Type:  Mousterian Handaxe

Location: Dordogne, France

Age: 

Material: 

MoST ID: 5504

Pedestal Link: https://une.pedestal3d.com/r/oonsoLKUJ9

Model Author:  Denéa Buckingham

This flint handaxe is from Europe, probably from the Dordogne region of southern France. The tool likely dates to the Mousterian (Middle Palaeolithic) period, ca. 50,000-70,000 BP.

The artefact is curated by the Australian Institute of Archaeology, catalogue no. IA24.179.



The artefact is a well-made bifacial handaxe, possibly made by soft-hammer percussion using an organic indentor or soft hammerstone.  The edges at the distal end were carefully trimmed and shaped by the removal of small flakes to alternate faces on opposite margins.  The precise age and provenance of the artefact is not known, although the ‘porcelain patina’ is typical of artefacts from the Mousterian of Acheulean tradition in the Dordogne region, and the nature of the flaking and handaxe shape is characteristic of a Mousterian handaxe.

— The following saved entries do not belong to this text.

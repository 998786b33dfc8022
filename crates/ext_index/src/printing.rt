// The parts of an index are printed one after another.
ghost use Rattle.std.specs.Prelude.{◌++◌, ℕ, List, map, OnOk};
ghost use Rattle.std.specs.List.{flat_map};
ghost use Rattle.ext_lines.specs.Lines.{lines_text};
ghost use Rattle.ext_index_lines.specs.Homes.{line_of_entry};
ghost use Rattle.ext_index_lines.specs.Lines.{path_line, worded};
ghost use Rattle.ext_index.specs.Index.{attachment_lines, line_of_item, listed_tree_lines, manifest_lines, merged_lines, record_lines, section_lines};
ghost use Rattle.ext_index.specs.Sections.{listed};

use crate::sections::Sections;
use ext_host::{Attachment, Attachments, Held, Item, Manifest, Manifests};
use ext_index_lines::{
    Out, put_attachment, put_entry, put_item, put_manifest, put_number, put_path, put_worded,
};
use ext_text::{Name, Names, Path};
use ext_tree::{Entry, Tree};

// Prints names, each on a line of this word.
fn put_names<O: Out>(out: &mut O, word: &[u8], names: &[Name]) -> Result<(), O::Refused>
    ensures { (before : List ℕ) → O.holds out.old before → OnOk result (O.holds out.new
        (before ++ lines_text (map (worded word.now) names.now))) }
{
    'names: for name in names {
        put_worded(out, word, name.bytes())?;
    }
    Ok(())
}

// Prints the merged names of a class, or nothing.
fn put_merged<O: Out>(out: &mut O, word: &[u8], names: &Option<Names>) -> Result<(), O::Refused>
    ensures { (before : List ℕ) → O.holds out.old before → OnOk result (O.holds out.new
        (before ++ lines_text (merged_lines word.now names.now))) }
{
    match names {
        None => Ok(()),
        Some(names) => {
            put_number(out, word, names.len() as u64)?;
            put_names(out, b"n", names.as_slice())
        }
    }
}

// Prints the lines of attachments.
fn put_attachments<O: Out>(out: &mut O, attached: &[Attachment]) -> Result<(), O::Refused>
    ensures { (before : List ℕ) → O.holds out.old before → OnOk result (O.holds out.new
        (before ++ lines_text (flat_map attachment_lines attached.now))) }
{
    'attachments: for attachment in attached {
        put_one_attachment(out, attachment)?;
    }
    Ok(())
}

// Prints the lines of an attachment.
fn put_one_attachment<O: Out>(out: &mut O, attachment: &Attachment) -> Result<(), O::Refused>
    ensures { (before : List ℕ) → O.holds out.old before → OnOk result (O.holds out.new
        (before ++ lines_text (attachment_lines attachment.now))) }
{
    put_attachment(out, attachment.runtime, attachment.added.len() as u64)?;
    put_worded(out, b"i", attachment.name.bytes())?;
    put_path(out, b"s", &attachment.place)?;
    put_paths(out, b"p", attachment.added.as_slice())
}

// Prints paths, each on a line of this word.
fn put_paths<O: Out>(out: &mut O, word: &[u8], paths: &[Path]) -> Result<(), O::Refused>
    ensures { (before : List ℕ) → O.holds out.old before → OnOk result (O.holds out.new
        (before ++ lines_text (map (path_line word.now) paths.now))) }
{
    'paths: for path in paths {
        put_path(out, word, path)?;
    }
    Ok(())
}

// Prints the lines of kept manifests.
fn put_manifests<O: Out>(out: &mut O, kept: &[Manifest]) -> Result<(), O::Refused>
    ensures { (before : List ℕ) → O.holds out.old before → OnOk result (O.holds out.new
        (before ++ lines_text (flat_map manifest_lines kept.now))) }
{
    'manifests: for manifest in kept {
        put_one_manifest(out, manifest)?;
    }
    Ok(())
}

// Prints the lines of a kept manifest.
fn put_one_manifest<O: Out>(out: &mut O, manifest: &Manifest) -> Result<(), O::Refused>
    ensures { (before : List ℕ) → O.holds out.old before → OnOk result (O.holds out.new
        (before ++ lines_text (manifest_lines manifest.now))) }
{
    put_manifest(out, manifest.items.len() as u64, &manifest.path)?;
    put_items(out, manifest.items.as_slice())
}

// Prints the lines of items.
fn put_items<O: Out>(out: &mut O, items: &[Item]) -> Result<(), O::Refused>
    ensures { (before : List ℕ) → O.holds out.old before → OnOk result (O.holds out.new
        (before ++ lines_text (map line_of_item items.now))) }
{
    'items: for item in items {
        put_item(out, &item.digest, &item.path)?;
    }
    Ok(())
}

// Prints the number of a tree's entries and their lines.
fn put_tree<O: Out>(
    out: &mut O,
    word: &[u8],
    generation: u32,
    tree: &Tree<Held>,
) -> Result<(), O::Refused>
    ensures { (before : List ℕ) → O.holds out.old before → OnOk result (O.holds out.new
        (before ++ lines_text (listed_tree_lines word.now generation tree.now))) }
{
    put_number(out, word, tree.entries())?;
    put_entries(out, generation, tree.pairs())
}

// Prints the lines of entries.
fn put_entries<O: Out>(
    out: &mut O,
    generation: u32,
    entries: &[(Path, Entry<Held>)],
) -> Result<(), O::Refused>
    ensures { (before : List ℕ) → O.holds out.old before → OnOk result (O.holds out.new
        (before ++ lines_text (map (line_of_entry generation) entries.now))) }
{
    'entries: for entry in entries {
        put_entry(out, generation, &entry.0, &entry.1)?;
    }
    Ok(())
}

// Prints the parts of a host or of a past tree.
pub(crate) fn put_sections<O: Out>(
    out: &mut O,
    generation: u32,
    sections: Sections<'_>,
) -> Result<(), O::Refused>
    ensures { (before : List ℕ) → O.holds out.old before → OnOk result (O.holds out.new
        (before ++ lines_text (section_lines generation (listed sections.entry)))) }
{
    put_merged(out, b"sysext", sections.sysext)?;
    put_merged(out, b"confext", sections.confext)?;
    put_records(out, sections.attached, sections.kept)?;
    put_tree(out, b"root", generation, sections.root)?;
    put_tree(out, b"lower", generation, sections.lower)
}

// Prints attachments and kept manifests, each with their number before them.
fn put_records<O: Out>(
    out: &mut O,
    attached: &Attachments,
    kept: &Manifests,
) -> Result<(), O::Refused>
    ensures { (before : List ℕ) → O.holds out.old before → OnOk result (O.holds out.new
        (before ++ lines_text (record_lines attached.now kept.now))) }
{
    put_number(out, b"attached", attached.len() as u64)?;
    put_attachments(out, attached.as_slice())?;
    put_number(out, b"kept", kept.len() as u64)?;
    put_manifests(out, kept.as_slice())
}
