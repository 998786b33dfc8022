// The host without some of its attachments.
ghost use Rattle.std.specs.Prelude.{◌≡◌, IfOk};
ghost use Rattle.ext_tree.specs.Cut.{cut_all};
ghost use Rattle.ext_host.specs.Touch.{untouched_all};
ghost use Rattle.ext_attached.specs.Going.{AreCutPaths, detached};

use crate::going::{By, staying};
use ext_host::{Attachments, Host, copy_of_merged};
use ext_text::{OutOfMemory, SortedPaths};
use ext_updated::copy_without;
use std::alloc::Global;

// The host without the attachments that go, whose paths these are.
pub(crate) fn detached(
    alloc: Global,
    host: &Host,
    by: By,
    text: &[u8],
    cut: &SortedPaths,
) -> Result<Host, OutOfMemory>
    requires { AreCutPaths by text.now host.now cut.now }
    ensures { IfOk result (λ next. next ≡ detached by text.now host.now) }
{
    let attached = staying(alloc, by, text, host.attached.as_slice())?;
    cut_host(alloc, host, attached, cut)
}

// The host with these attachments, and without what stands at and below the paths.
fn cut_host(
    alloc: Global,
    host: &Host,
    attached: Attachments,
    cut: &SortedPaths,
) -> Result<Host, OutOfMemory>
    ensures { IfOk result (λ next. next ≡ record host.now {
      root = cut_all cut.now host.now.root;
      attached = attached;
      kept = untouched_all cut.now host.now.kept;
    }) }
{
    let root = copy_without(alloc, &host.root, cut)?;
    let lower = host.lower.copy()?;
    let sysext = copy_of_merged(alloc, &host.sysext)?;
    let confext = copy_of_merged(alloc, &host.confext)?;
    let mut next = host.with_trees(root, lower, sysext, confext)?;
    next.touch_all(cut);
    next.attached = attached;
    Ok(next)
}
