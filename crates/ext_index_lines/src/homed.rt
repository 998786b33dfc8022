// Files by their stamps and homes, as the lines of an index hold them.
ghost use Rattle.std.specs.Prelude.{◌≡◌, ◌≢◌, ◌≤◌, ◌++◌, [], ◌∷◌, ℕ, List, decimal, MatchOption, OnErr, OnOk};
ghost use Rattle.ext_lines.specs.Prefix.{AppendsPrefix};
ghost use Rattle.ext_tree.specs.Fields.{spaced};
ghost use Rattle.ext_index_lines.specs.Homed.{IsHome, file_digits, home_fields};
ghost use Rattle.ext_index_lines.specs.Homes.{home_of, listed_file, kept_entry};
ghost use Rattle.ext_host.specs.declared.home.Home.{Home};

use ext_host::{Body, Held, Home, LAST_GENERATION, MOST_FILES};
use ext_lines::{OutOfMemory, five_digits, read_five_digits, split_at_byte};
use ext_tree::{Entry, LineContent, Stamp, append_number, append_stamp, split_number, split_stamp};

/// The last number of a file in a generation.
const LAST_FILE: u32 = MOST_FILES - 1;

/// What an index holds of a file.
#[derive(Clone, Copy, PartialEq, Eq)]
pub struct Homed {
    /// How many bytes it has, and their digest.
    pub stamp: Stamp,
    /// Where they stand.
    pub home: Home,
}

impl LineContent for Homed {
    ghost use Rattle.ext_index_lines.specs.Homed.{homed_form};
    ghost use Rattle.ext_index_lines.specs.HomedLaws.{homed_once, homed_lack};

    ghost form = { homed_form };

    fn split_from(text: &[u8]) -> Option<(Homed, &[u8])> {
        let (stamp, rest) = split_stamp(text)?;
        let (home, rest) = split_home(rest)?;
        Some((Homed { stamp, home }, rest))
    }

    fn append_to(&self, text: &mut Vec<u8>) -> Result<(), OutOfMemory> {
        append_stamp(text, &self.stamp)?;
        append_home(text, self.home)
    }

    ghost once = { homed_once };

    ghost lacks = { homed_lack };
}

// What an index holds of a file: where it is not kept, a home in this generation.
pub(crate) fn listed_file(generation: u32, held: &Held) -> Homed
    ensures { result ≡ listed_file generation held.now }
{
    Homed {
        stamp: *held.stamp(),
        home: home_of(generation, held.body()),
    }
}

// Where a body stands, or the first home in this generation.
fn home_of(generation: u32, body: &Body) -> Home
    ensures { result ≡ home_of generation body.now }
{
    match body {
        Body::Kept(home) => *home,
        Body::Here(_) | Body::Depot(_) => Home {
            generation,
            file: 0,
        },
    }
}

/// The entry of a line, as a host has it: its file is kept at the home.
pub fn kept_entry(entry: Entry<Homed>) -> Entry<Held>
    ensures { result ≡ kept_entry entry }
{
    match entry {
        Entry::Dir(attributes) => Entry::Dir(attributes),
        Entry::Opaque(attributes) => Entry::Opaque(attributes),
        Entry::File(attributes, file) => {
            Entry::File(attributes, Held::kept(file.stamp, file.home))
        }
        Entry::Link(owner, target) => Entry::Link(owner, target),
        Entry::Hide => Entry::Hide,
    }
}

// The home whose fields a text begins with, and what follows them; `None` exactly where it begins with those of none.
fn split_home(text: &[u8]) -> Option<(Home, &[u8])>
    ensures { MatchOption result
        ((h : Home) (rest : List ℕ) → IsHome h → text.now ≢ spaced (home_fields h) rest)
        (λ r. IsHome r.0 × (text.now ≡ spaced (home_fields r.0) r.1.now)) }
{
    let (generation, rest) = split_number(text, LAST_GENERATION)?;
    let (file, rest) = split_file(rest)?;
    if generation == 0 {
        return None;
    }
    let home = Home {
        generation: generation as u32,
        file,
    };
    Some((home, rest))
}

// The number of a file in five digits that a text begins with, before a space, and what follows the space.
fn split_file(text: &[u8]) -> Option<(u32, &[u8])>
    ensures { MatchOption result
        ((n : ℕ) (rest : List ℕ) → n ≤ 262143 → text.now ≢ file_digits n ++ 32 ∷ rest)
        (λ r. (r.0 ≤ 262143) × (text.now ≡ file_digits r.0 ++ 32 ∷ r.1.now)) }
{
    let (field, rest) = split_at_byte(text, b' ')?;
    Some((file_of(field)?, rest))
}

// The number of a file that a field writes.
fn file_of(field: &[u8]) -> Option<u32>
    ensures { MatchOption result
        ((n : ℕ) → n ≤ 262143 → field.now ≢ file_digits n)
        (λ n. (n ≤ 262143) × (field.now ≡ file_digits n)) }
{
    let number = read_five_digits(field)?;
    if number <= LAST_FILE {
        Some(number)
    } else {
        None
    }
}

// Adds the fields of a home to a text, a space after each.
fn append_home(text: &mut Vec<u8>, home: Home) -> Result<(), OutOfMemory>
    ensures ok { OnOk result (text.new.items ≡ text.old.items ++ spaced (home_fields home) []) }
    ensures err { OnErr result (AppendsPrefix text.old.items text.new.items (spaced (home_fields home) [])) }
{
    append_number(text, u64::from(home.generation))?;
    append_file(text, home.file)
}

// Adds the digits of a file's number and a space.
fn append_file(text: &mut Vec<u8>, file: u32) -> Result<(), OutOfMemory>
    ensures ok { OnOk result (text.new.items ≡ text.old.items ++ (file_digits file ++ 32 ∷ [])) }
    ensures err { OnErr result (AppendsPrefix text.old.items text.new.items (file_digits file ++ 32 ∷ [])) }
{
    append_bytes(text, &digits_of(file))?;
    append_bytes(text, b" ")
}

// Adds bytes, or nothing.
fn append_bytes(text: &mut Vec<u8>, bytes: &[u8]) -> Result<(), OutOfMemory>
    ensures ok { OnOk result (text.new.items ≡ text.old.items ++ bytes.now) }
    ensures err { OnErr result (AppendsPrefix text.old.items text.new.items bytes.now) }
{
    text.extend_from_slice(bytes)?;
    Ok(())
}

/// The five low digits of a file's number.
pub(crate) fn digits_of(file: u32) -> [u8; 5]
    ensures { result ≡ file_digits file }
{
    five_digits(file % 1_048_576)
}
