ghost use Rattle.std.specs.Prelude.{◌≡◌, IfOk};
ghost use Rattle.std.specs.List.{list_any};
ghost use Rattle.ext_host.specs.Planning.{IsPlannedHost};
ghost use Rattle.ext_host.specs.Valid.{IsValidHost};
ghost use Rattle.ext_attached.specs.Going.{goes_for, paths_without, without};

use crate::detached::detached;
use crate::going::{By, paths_of_gone, some_goes};
use ext_host::Host;
use ext_text::{OutOfMemory, Paths, SortedPaths};
use ext_units::{Image, first_part};
use std::alloc::Global;

/// The host without every attachment whose name, up to its first `_`, is that of the image up to its first `_`: the host in which
/// an image is looked for that is attached anew. Whether their paths may be written is not looked at. After portablectl(1),
/// command `reattach`.
///
/// # Errors
/// `OutOfMemory` alone.
pub fn without(alloc: Global, host: &Host, image: &Image) -> Result<Host, OutOfMemory>
    requires { IsValidHost host.now }
    ensures gives { IfOk result (λ next. next ≡ without image.now host.now) }
    ensures next { IfOk result (IsPlannedHost host.now) }
{
    let paths = paths_without(alloc, host, image)?;
    let cut = SortedPaths::of(paths.into_vec());
    detached(alloc, host, By::FirstPart, first_part(image.name()), &cut)
}

/// The paths that these attachments added, in the order of the attachments.
///
/// # Errors
/// `OutOfMemory` alone.
pub fn paths_without(alloc: Global, host: &Host, image: &Image) -> Result<Paths, OutOfMemory>
    ensures { IfOk result (λ paths. paths ≡ paths_without image.now host.now) }
{
    let text = first_part(image.name());
    paths_of_gone(alloc, By::FirstPart, text, host.attached.as_slice())
}

/// Whether there is such an attachment.
pub fn has_earlier(host: &Host, image: &Image) -> bool
    ensures { result ≡ list_any (goes_for image.now) host.now.attached }
{
    let text = first_part(image.name());
    some_goes(By::FirstPart, text, host.attached.as_slice())
}
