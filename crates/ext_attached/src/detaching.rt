ghost use Rattle.std.specs.Prelude.{IfOk};
ghost use Rattle.ext_host.specs.Planning.{IsPlannedHost};
ghost use Rattle.ext_host.specs.Valid.{IsValidHost};
ghost use Rattle.ext_attached.specs.Detaching.{Detaches, IsAttached};
ghost use Rattle.ext_attached.specs.Going.{AreCutPaths};
ghost use Rattle.ext_attached.specs.declared.going.By.TheVariants.{Name};

use crate::detached::detached;
use crate::errors::DetachErr;
use crate::going::{By, paths_of_gone, some_goes};
use crate::least::least_locked;
use ext_host::{Host, Plan};
use ext_text::SortedPaths;
use std::alloc::Global;

/// The plan of the host without the attachment of this name: all that stands at and below the paths that it added goes, with the
/// manifests that are related to one of them, and the attachment. Directories that were made above them stay. After portablectl(1),
/// command `detach`.
///
/// # Errors
/// The first of these:
///
/// - `NotAttached` exactly where no attachment has the name.
/// - `ReadOnly` with the least path that it added and that is in, at or above a merged hierarchy.
/// - `OutOfMemory`.
pub fn detach(alloc: Global, host: &Host, name: &[u8]) -> Result<Plan, DetachErr>
    requires { IsValidHost host.now }
    ensures gives { Detaches host.now name.now result }
    ensures next { IfOk result (λ plan. IsPlannedHost host.now plan.next) }
{
    let attached = host.attached.as_slice();
    if !some_goes(By::Name, name, attached) {
        return Err(DetachErr::NotAttached);
    }
    let paths = paths_of_gone(alloc, By::Name, name, attached)?;
    let cut = SortedPaths::of(paths.into_vec());
    detach_paths(alloc, host, name, &cut)
}

// The plan of the host without the attachment of this name, which added these paths.
fn detach_paths(
    alloc: Global,
    host: &Host,
    name: &[u8],
    cut: &SortedPaths,
) -> Result<Plan, DetachErr>
    requires attached { IsAttached host.now name.now }
    requires cut { AreCutPaths Name name.now host.now cut.now }
    ensures { Detaches host.now name.now result }
{
    match least_locked(host, cut) {
        Some(path) => {
            let path = path.copy()?;
            Err(DetachErr::ReadOnly { path })
        }
        None => {
            let next = detached(alloc, host, By::Name, name, cut)?;
            Ok(Plan { next })
        }
    }
}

The Acheulean period ended by about 300,000 BP in Europe, replaced by technologies focussed on prepared cores and made by Neanderthals and modern humans like us, but bifacial handaxes remained a persistent element of later European toolkits.  Notable among these are the well-made bifacial handaxes of the ‘Mousterian of Acheulean Tradition’, dating to ca. 50,000-70,000 BP and associated with the Neanderthal occupation of Europe.  These handaxes are relatively small, well-made, and are triangular, sub-triangular, or cordate (almond- or heart-shaped).